褚姨母人好了不少,自从搬进新宅子,跟方守阳脸色也红润了,只有方蘅依旧沉默寡言,平日里守着二门不出。
上回沈若宓本想撮合方蘅与柳时鸿,奈何褚姨母临时抱恙,阴差阳错之下两人也没见上面,反而被柳时鸿误会自己是方蘅。
沈若宓到底是不甘心,她先前打听过柳时鸿的为人,听闻此人虽有几分孤傲,品性却十分高洁,且他才思敏捷,若能与方蘅结为夫妻,定是一对神仙眷侣。
沈若宓想,方蘅不论是样貌还是才学,都不比那些大家闺秀差,若是因着乌龙错过这般良缘,实在遗憾,即便不能结璃为夫妻,做个朋友相处也是好的。<
思来想去,早前几日沈若宓又让素娘去柳家找到柳母和柳时鸿的嫂子全氏,想让柳时鸿再与方蘅见一面,柳母和全氏倒是相中了方蘅,可惜这回柳时鸿却是直接婉拒了。
沈若宓本来也没抱太大希望,褚姨母却很是自责,一心认为是自己耽误了女儿的姻缘。
方蘅与沈若宓又是安抚几回,临别前,方蘅将沈若宓亲自送到门口。
“年年,我知你和娘都是为了我好,盼望我能寻到良缘,只是易求无价宝,难得有情郎,如今我心已死,不愿再适人,还求你帮我在爹娘面前遮掩一二。”
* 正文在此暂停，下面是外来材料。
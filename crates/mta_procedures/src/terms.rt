//! What an item says of its time.

use mta_envelope::Priority;

/// What an item says of its time (X.411, clause 14: deferral, latest delivery, maximum time). Moments are seconds since
/// 1950-01-01 00:00:00 UTC.
#[derive(Clone, Copy)]
pub struct Terms {
    pub priority: Priority,
    /// Before this moment it is not delivered.
    pub deferral: Option<u64>,
    /// From this moment on it is not delivered.
    pub latest: Option<u64>,
}
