//! Laws of what is relayed, read again, and brought to an end.

ghost use Rattle.mta_procedures.specs.Ends.{MessagesHaveTheirVerdicts, ProbesHaveTheirVerdicts, ReportsMakeNoReports};
ghost use Rattle.mta_procedures.specs.Ends.{DeliveredMessagesAreAtMailboxes, DeliveredReportsAreAtMailboxes};
ghost use Rattle.mta_procedures.specs.Ends.{PassedReportsHaveDestinations, ExpandedMessagesHaveRoom};
ghost use Rattle.mta_procedures.specs.Ends.{ReportsGoWhereTheWalkEnds};
ghost use Rattle.mta_procedures.specs.Readings.{KeptEnvelopesWereRead, MessageCopiesAreRead, ProbeCopiesAreRead};
ghost use Rattle.mta_procedures.specs.Readings.{ReportCopiesAreRead, MadeReportsAreRead, PassedReportsAreRead};
ghost use Rattle.mta_procedures.specs.Readings.{MembersCopiesAreRead, ListsOfTablesAreWritable};
ghost use Rattle.mta_procedures.specs.Relays.{RelayedMessagesHaveCopies, RelayedProbesHaveCopies};
ghost use Rattle.mta_procedures.specs.Relays.{RelayedReportsHaveCopies, ReportCopiesAreTheSame};

/// What is relayed has a copy of 1 to 2,097,152 octets, and its trace has room for an element. The copy of a report
/// is the same at each moment.
pub fn what_is_relayed_has_copies()
    ensures messages { RelayedMessagesHaveCopies }
    ensures probes { RelayedProbesHaveCopies }
    ensures reports { RelayedReportsHaveCopies }
    ensures same { ReportCopiesAreTheSame }
{}

/// A message is not affirmed, discarded or passed back, a probe is affirmed, relayed or reported on, and of a report
/// nothing is reported.
pub fn kinds_have_their_verdicts()
    ensures messages { MessagesHaveTheirVerdicts }
    ensures probes { ProbesHaveTheirVerdicts }
    ensures reports { ReportsMakeNoReports }
{}

/// What is delivered is at a mailbox, and a report is passed back where there is someone to whom it can go.
pub fn verdicts_lead_where_they_say()
    ensures messages { DeliveredMessagesAreAtMailboxes }
    ensures reports { DeliveredReportsAreAtMailboxes }
    ensures passed { PassedReportsHaveDestinations }
{}

/// What is expanded is at a list, and has room for the expansion in trace and history unless the list was expanded
/// before.
pub fn what_is_expanded_has_room()
    ensures { ExpandedMessagesHaveRoom }
{}

/// A report is made exactly where the walk ends at a name, and goes there.
pub fn reports_go_where_the_walk_ends()
    ensures { ReportsGoWhereTheWalkEnds }
{}

/// A peer reads the copy of an item that was read as the item with responsibility and trace as they are to be.
pub fn copies_are_read()
    ensures envelopes { KeptEnvelopesWereRead }
    ensures messages { MessageCopiesAreRead }
    ensures probes { ProbeCopiesAreRead }
    ensures reports { ReportCopiesAreRead }
{}

/// Reports and members' copies that are made of items that were read are read as they are.
pub fn made_items_are_read()
    ensures reports { MadeReportsAreRead }
    ensures passed { PassedReportsAreRead }
    ensures members { MembersCopiesAreRead }
{}

/// The names of the lists of tables keep nothing unread, so they may be written wherever a name stands.
pub fn lists_of_tables_are_writable()
    ensures { ListsOfTablesAreWritable }
{}
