//! What a transfer agent does with a recipient (X.411, clause 14, the distributed operation procedures): the
//! definitions, and laws of them.
#![tactic(auto)]

mod case;
mod codes;
mod ends;
mod laws;
mod rows;
mod terms;
mod verdict;

pub use case::Case;
pub use codes::{
    CONTENT_TOO_LONG, DL, EXPANSION_PROHIBITED, LOOP_DETECTED, MAXIMUM_TIME_EXPIRED,
    NO_SUBMIT_PERMISSION, PROTOCOL_VIOLATION, PUBLIC, TRANSFER_FAILURE, UNABLE_TO_TRANSFER,
    UNRECOGNISED_NAME, UNSUPPORTED_CRITICAL_FUNCTION,
};
pub use ends::{
    copies_are_read, kinds_have_their_verdicts, lists_of_tables_are_writable, made_items_are_read,
    reports_go_where_the_walk_ends, verdicts_lead_where_they_say, what_is_expanded_has_room,
    what_is_relayed_has_copies,
};
pub use laws::{
    copies_are_as_long, copies_are_whole, copies_keep_all_else, expansions_are_recorded,
    made_reports_are_whole, members_copies_are_whole, responsibility_is_as_said,
    the_first_case_is_one, the_head_is_in_front,
};
pub use rows::{
    lists_end, the_chosen_are_responsible, the_crew_keeps_reports, the_deferred_is_held,
    the_latest_delivery_counts, the_longest_route_is_taken, the_sample_is_affirmed,
    the_sample_is_copied, the_sample_is_reported,
};
pub use terms::Terms;
pub use verdict::Verdict;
沈若宓说:“表姐,你万不可因为张同那等卑鄙小人便心如死灰,以你的品貌想要寻到如意郎君有何难?你看姨夫姨母,他们二人相互扶持伉俪情深,这么多年来姨母无子,当年邻里有不少人劝姨夫纳妾,姨夫不也坚持下来了?”
方蘅只道:“年年你不必再劝,我意已决。倒是你,我害怕你在裴家受委屈。”
沈若宓笑,“表姐你不用担心我,有皇后娘娘给我撑腰,裴家没人敢欺负我的。”
方蘅却是欲言又止,末了,她终是什么都没说,送沈若宓走了。